Abstract
PURPOSE: Age-related macular degeneration (AMD), the leading cause of blindness in western populations, is associated with an overactive complement system, and an increase in circulating antibodies against certain epitopes, including elastin. As loss of the elastin layer of Bruch's membrane (BrM) has been reported in aging and AMD, we previously showed that immunization with elastin peptide oxidatively modified by cigarette smoke (ox-elastin), exacerbated ocular pathology in the smoke-induced ocular pathology (SIOP) model. Here we asked whether ox-elastin peptide-based immunotherapy (PIT) ameliorates damage.

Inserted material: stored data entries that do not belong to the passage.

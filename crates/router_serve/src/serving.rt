//! A router's run, from the text of its configuration to its last line.
//!
//! The bounds of a runtime are written at each function, here and in `run`: a trait that gathers them can't be called
//! from `main`.
ghost use Rattle.std.specs.Prelude.{◌≡◌, ◌+◌, ◌<◌, ◌^◌, IfOk, OnOk, true, vec_len};
ghost use Rattle.hub.specs.Ending.{AreKept};
ghost use Rattle.hub.specs.Closing.{parts_back};
ghost use Rattle.router_serve.specs.Verdicts.{IsBehind, IsBorneOut};

use crate::end::{Failure, Refused, ServeEnd, print_end, print_start};
use crate::ports::Sockets;
use crate::run::run_tasks;
use hub::{CloseFault, Hub, HubLedger, Laid, OpenGate, OrderSeat, Remains, Terms, parts, terms};
use mux_history::KindCounts;
use published_routes::{Board, Opened, Publish, RouteReader};
use route_table::{AuditMode, Config, ConfigFault};
use router_state::{Admin, Auditor, Fittings, Ports, Router};
use std::alloc::{AllocError, AllocGlobal};
use std::io::{Read, Write};
use std::marker::Brand;
use std::net::{Net, TcpListener as StdListener, TcpStream as StdStream};
use std::random::RandomSource;
use std::sync::Wait;
use std::sync::ledger::Blank;
use std::thread::Threads;
use std::time::{Clock, Instant};
use tokio::runtime::LocalRuntime;

/// As many readers of routes as the greatest configuration has.
const MOST_READERS: usize = 65_536 + 256 + 2;

/// Runs a router by this configuration, and prints its lines: `listening ADDRESS` once it listens at both of its
/// ports, and a last one that says how it ended. A write of a line that fails is passed over.
pub fn serve<R, W: Write>(rt: R, text: &str, out: &mut W) -> ServeEnd
where
    R: Threads
        + Wait
        + Sync
        + Send
        + Copy
        + Drop
        + Clock
        + RandomSource
        + AllocGlobal
        + Net<Listener = StdListener, Stream = StdStream>
        + 'static,
{
    let result = run_text(rt, text, out);
    print_end(out, result)
}

/// The same, with a configuration that is read from `input` up to its end. If that fails, or what it reads isn't
/// UTF-8, the configuration isn't TOML.
pub fn serve_input<R, I: Read, W: Write>(rt: R, input: &mut I, out: &mut W) -> ServeEnd
where
    R: Threads
        + Wait
        + Sync
        + Send
        + Copy
        + Drop
        + Clock
        + RandomSource
        + AllocGlobal
        + Net<Listener = StdListener, Stream = StdStream>
        + 'static,
{
    let mut text = String::new(rt.alloc());
    match input.read_to_string(&mut text) {
        Ok(_) => serve(rt, text.as_str(), out),
        Err(_) => print_end(out, Err(Failure::Config(ConfigFault::Toml))),
    }
}

fn run_text<R, W: Write>(rt: R, text: &str, out: &mut W) -> Result<(), Failure>
where
    R: Threads
        + Wait
        + Sync
        + Send
        + Copy
        + Drop
        + Clock
        + RandomSource
        + AllocGlobal
        + Net<Listener = StdListener, Stream = StdStream>
        + 'static,
{
    let config = Config::read(rt.alloc(), text)?;
    // A configuration that was read is within these.
    if config.sessions > 65_536 || config.servers.len() > 256 {
        return Err(Failure::Memory);
    }
    let Ok(start) = Instant::now(&rt) else {
        return Err(Failure::System(Refused::Clock));
    };
    let sockets = Sockets::bind(&rt, &config)?;
    let mut threads = threads_of(&rt, config.threads)?;
    let ports = sockets.ports(rt.alloc(), threads.as_slice())?;
    if config.audit == AuditMode::Rolling {
        // The first thread looks at histories.
        let thread = LocalRuntime::new(&rt)?;
        threads.insert(0, thread)?;
    }
    print_start(out, config.listen);
    let place = Place {
        start,
        ports,
        threads,
    };
    let terms = terms(&config);
    let laid = Laid::new(rt.alloc(), &terms)?;
    let blank = Blank::new(parts(&config));
    run::<Brand, R>(rt, &config, &terms, place, Opened::new(), blank, laid)
}

/// What a router runs on.
#[derive(Drop)]
struct Place {
    // Readings count from here.
    start: Instant,
    ports: Ports,
    // The last is that of the thread that calls.
    threads: Vec<LocalRuntime>,
}

fn threads_of<R>(rt: &R, count: u64) -> Result<Vec<LocalRuntime>, Failure>
where
    R: Clock + RandomSource + AllocGlobal + Net<Listener = StdListener, Stream = StdStream>,
{
    let mut threads = Vec::new(rt.alloc());
    for _ in 0..count {
        let thread = LocalRuntime::new(rt)?;
        threads.push(thread)?;
    }
    Ok(threads)
}

// Opens a hub, runs its tasks, and closes it.
fn run<L: HubLedger + Send + Sync, R>(
    rt: R,
    config: &Config,
    terms: &Terms,
    place: Place,
    opened: Opened,
    blank: Blank,
    laid: Laid,
) -> Result<(), Failure>
where
    R: Threads
        + Wait
        + Sync
        + Send
        + Copy
        + Drop
        + Clock
        + RandomSource
        + AllocGlobal
        + Net<Listener = StdListener, Stream = StdStream>
        + 'static,
    requires blank { (blank.name ≡ L.name) × (blank.parts ≡ L.parts) }
    requires slots { (config.now.sessions ≡ L.sessions) × (vec_len config.now.servers ≡ L.servers)
        × (L.all ≡ L.sessions + L.servers + 2) × (L.all ≡ L.parts) }
    requires book { opened.seen.book ≡ L.book }
    requires laid { (laid.table.shared.table_id ≡ L.table) × (laid.table.shared.key ≡ L.terms) × (L.terms ≡ terms.now) }
    requires terms { (terms.now.clients ≡ L.sessions) × (terms.now.servers ≡ L.servers) }
{
    let Place {
        start,
        ports,
        threads,
    } = place;
    let fittings = Fittings::<L>::new(rt.alloc(), config, start, ports)?;
    let router = open_router(rt, config, terms, fittings, opened, blank, laid)?;
    run_router(&rt, threads, router)
}

// A router around a hub that is opened by this configuration.
fn open_router<L: HubLedger + Send + Sync, R>(
    rt: R,
    config: &Config,
    terms: &Terms,
    fittings: Fittings<L>,
    opened: Opened,
    blank: Blank,
    laid: Laid,
) -> Result<Router<L, Board<L, R>>, Failure>
where
    R: Threads
        + Wait
        + Sync
        + Send
        + Copy
        + Drop
        + Clock
        + RandomSource
        + AllocGlobal
        + Net<Listener = StdListener, Stream = StdStream>
        + 'static,
    requires blank { (blank.name ≡ L.name) × (blank.parts ≡ L.parts) }
    requires slots { (config.now.sessions ≡ L.sessions) × (vec_len config.now.servers ≡ L.servers)
        × (L.all ≡ L.sessions + L.servers + 2) × (L.all ≡ L.parts) }
    requires book { opened.seen.book ≡ L.book }
    requires laid { (laid.table.shared.table_id ≡ L.table) × (laid.table.shared.key ≡ L.terms) × (L.terms ≡ terms.now) }
    requires terms { (terms.now.clients ≡ L.sessions) × (terms.now.servers ≡ L.servers) }
{
    let alloc = rt.alloc();
    let routes = config.routes.as_slice();
    let board = Board::<L, R>::open(alloc, rt, opened, routes, readers_of(config))?;
    let reader = reader_of(&board)?;
    let (hub, orders) = Hub::<OpenGate, L, Board<L, R>>::open(
        alloc, config, terms, OpenGate, board, blank, laid,
    ).map_err(|_| Failure::Memory)?;
    Ok(Router::new(hub, seats(orders), reader, fittings))
}

// Runs a router's tasks, and closes its hub.
fn run_router<L: HubLedger + Send + Sync, B: Publish<L> + Send + Sync, R>(
    rt: &R,
    mut threads: Vec<LocalRuntime>,
    router: Router<L, B>,
) -> Result<(), Failure>
where
    R: Threads
        + Wait
        + Sync
        + Clock
        + RandomSource
        + AllocGlobal
        + Net<Listener = StdListener, Stream = StdStream>,
    requires whole { L.all ≡ L.parts }
{
    let ran = run_tasks(rt, threads.as_mut_slice(), &router);
    let shown = router.steps(rt);
    let (auditor, hub, seats) = router.into_parts();
    let remains = hub.end(seats);
    ran?;
    // What operators are shown is what the histories had.
    if verdict(rt, remains, auditor)? == shown {
        Ok(())
    } else {
        Err(Failure::Close(CloseFault::Miscount))
    }
}

// How many records of each kind there were, if all seats came back and all that was done bears itself out.
fn verdict<L: HubLedger, R: Wait>(
    rt: &R,
    remains: Remains<L>,
    auditor: Auditor,
) -> Result<KindCounts, CloseFault>
    requires whole { L.all ≡ L.parts }
    requires kept { AreKept remains.downs.items remains.ups.items }
    ensures ok { IfOk result (IsBorneOut remains.downs.items remains.ups.items remains.seats.clients.items
        remains.seats.servers.items remains.seats.orders) }
    ensures rolling { auditor.is_rolling ≡ true → OnOk result (IsBehind remains.downs.items remains.ups.items
        remains.seats.clients.items remains.seats.servers.items remains.seats.orders) }
    ensures back { OnOk result (parts_back remains.rest.parts remains.seats.clients.items remains.seats.servers.items
        ≡ L.parts) }
{
    let counts = remains.counts();
    if !auditor.is_needed() {
        remains.judge()?;
        return Ok(counts);
    }
    let mut audit = auditor.close(rt)?;
    let all = counts.plus(audit.counts());
    remains.judge_run(&mut audit)?;
    Ok(all)
}

// A reader for whom operators ask.
fn reader_of<L: HubLedger, B: Publish<L>>(board: &B) -> Result<RouteReader<L>, AllocError> {
    board.reader()
}

// The operators' seat, and the ticker's.
fn seats<L: HubLedger>(orders: [OrderSeat<L>; 2]) -> (OrderSeat<L>, OrderSeat<L>) {
    let [operators, ticker] = orders;
    (operators, ticker)
}

// A reader of the routes for each session and each server, one for operators, and one more.
fn readers_of(config: &Config) -> usize
    ensures { (0 < result) × (result < 2 ^ 32) }
{
    let wanted = (config.sessions as usize).saturating_add(config.servers.len());
    if wanted < MOST_READERS - 1 {
        wanted + 2
    } else {
        MOST_READERS
    }
}
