//! Where a router listens.

use crate::end::Failure;
use route_table::Config;
use router_state::Ports;
use std::alloc::Global;
use std::io;
use std::net::{Net, SocketAddr, TcpListener as StdListener, TcpStream as StdStream};
use std::sync::Mutex;
use tokio::net::TcpListener;
use tokio::reactor::Handle;
use tokio::runtime::LocalRuntime;

/// The sockets of a router's ports.
#[derive(Drop)]
pub struct Sockets {
    clients: StdListener,
    admin: StdListener,
    operator: Option<StdListener>,
    metrics_http: Option<StdListener>,
}

impl Sockets {
    /// Binds the clients' address, and then those of operators. The first address that can't be bound is the error.
    pub fn bind<R>(rt: &R, config: &Config) -> Result<Sockets, Failure>
    where
        R: Net<Listener = StdListener, Stream = StdStream>,
    {
        Ok(Sockets {
            clients: bind(rt, config.listen)?,
            admin: bind(rt, config.admin)?,
            operator: bind_if(rt, config.operator)?,
            metrics_http: bind_if(rt, config.metrics_http)?,
        })
    }

    /// Where these threads listen: each for clients, and the last for operators. No other listener is left.
    pub fn ports(self, alloc: Global, threads: &[LocalRuntime]) -> Result<Ports, Failure> {
        let mut clients = Vec::with_capacity(alloc, threads.len())?;
        for thread in threads {
            clients.push(listen_client(&self.clients, thread.handle().reactor())?)?;
        }
        let Some(last) = threads.last() else {
            return Err(Failure::Memory);
        };
        let reactor = last.handle().reactor();
        Ok(Ports {
            clients,
            admin: listen(&self.admin, reactor)?,
            operator: listen_if(&self.operator, reactor)?,
            metrics_http: listen_if(&self.metrics_http, reactor)?,
        })
    }
}

fn bind<R: Net<Listener = StdListener, Stream = StdStream>>(
    rt: &R,
    address: SocketAddr,
) -> Result<StdListener, Failure> {
    StdListener::bind(rt, address).map_err(|_| Failure::Listen(address))
}

fn bind_if<R: Net<Listener = StdListener, Stream = StdStream>>(
    rt: &R,
    address: Option<SocketAddr>,
) -> Result<Option<StdListener>, Failure> {
    match address {
        Some(address) => Ok(Some(bind(rt, address)?)),
        None => Ok(None),
    }
}

// A listener at a socket that others listen at too.
fn listen(socket: &StdListener, reactor: &Handle) -> io::Result<Mutex<TcpListener>> {
    let own = socket.try_clone()?;
    Ok(Mutex::new(TcpListener::from_std(own, reactor)?))
}

fn listen_client(socket: &StdListener, reactor: &Handle) -> io::Result<Mutex<Option<TcpListener>>> {
    let own = socket.try_clone()?;
    Ok(Mutex::new(Some(TcpListener::from_std(own, reactor)?)))
}

fn listen_if(
    socket: &Option<StdListener>,
    reactor: &Handle,
) -> io::Result<Option<Mutex<TcpListener>>> {
    match socket {
        Some(socket) => Ok(Some(listen(socket, reactor)?)),
        None => Ok(None),
    }
}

METHODS: C57BL/6J mice were injected with ox-elastin peptide at two doses via weekly subcutaneous administration, while exposed to cigarette smoke for 6 months. FcγR-/- and uninjected C57BL/6J mice served as controls. Retinal morphology was assessed by electron microscopy, and complement activation, antibody deposition and mechanisms of immunological tolerance were assessed by Western blotting and ELISA.
RESULTS: Elimination of Fcγ receptors, preventing antigen/antibody-dependent cytotoxicity, protected against SIOP. Mice receiving PIT with low dose ox-elastin (LD-PIT) exhibited reduced humoral immunity, reduced complement activation and IgG/IgM deposition in the RPE/choroid, and largely a preserved BrM. While there is no direct evidence of ox-elastin pathogenicity, LD-PIT reduced IFNγ and increased IL-4 within RPE/choroid. High dose PIT was not protective.
CONCLUSIONS: These data further support ox-elastin role in ocular damage in part via elastin-specific antibodies, and support the corollary that PIT with ox-elastin attenuates ocular pathology. Overall, damage is associated with complement activation, antibody-dependent cell-mediated cytotoxicity, and altered cytokine signature.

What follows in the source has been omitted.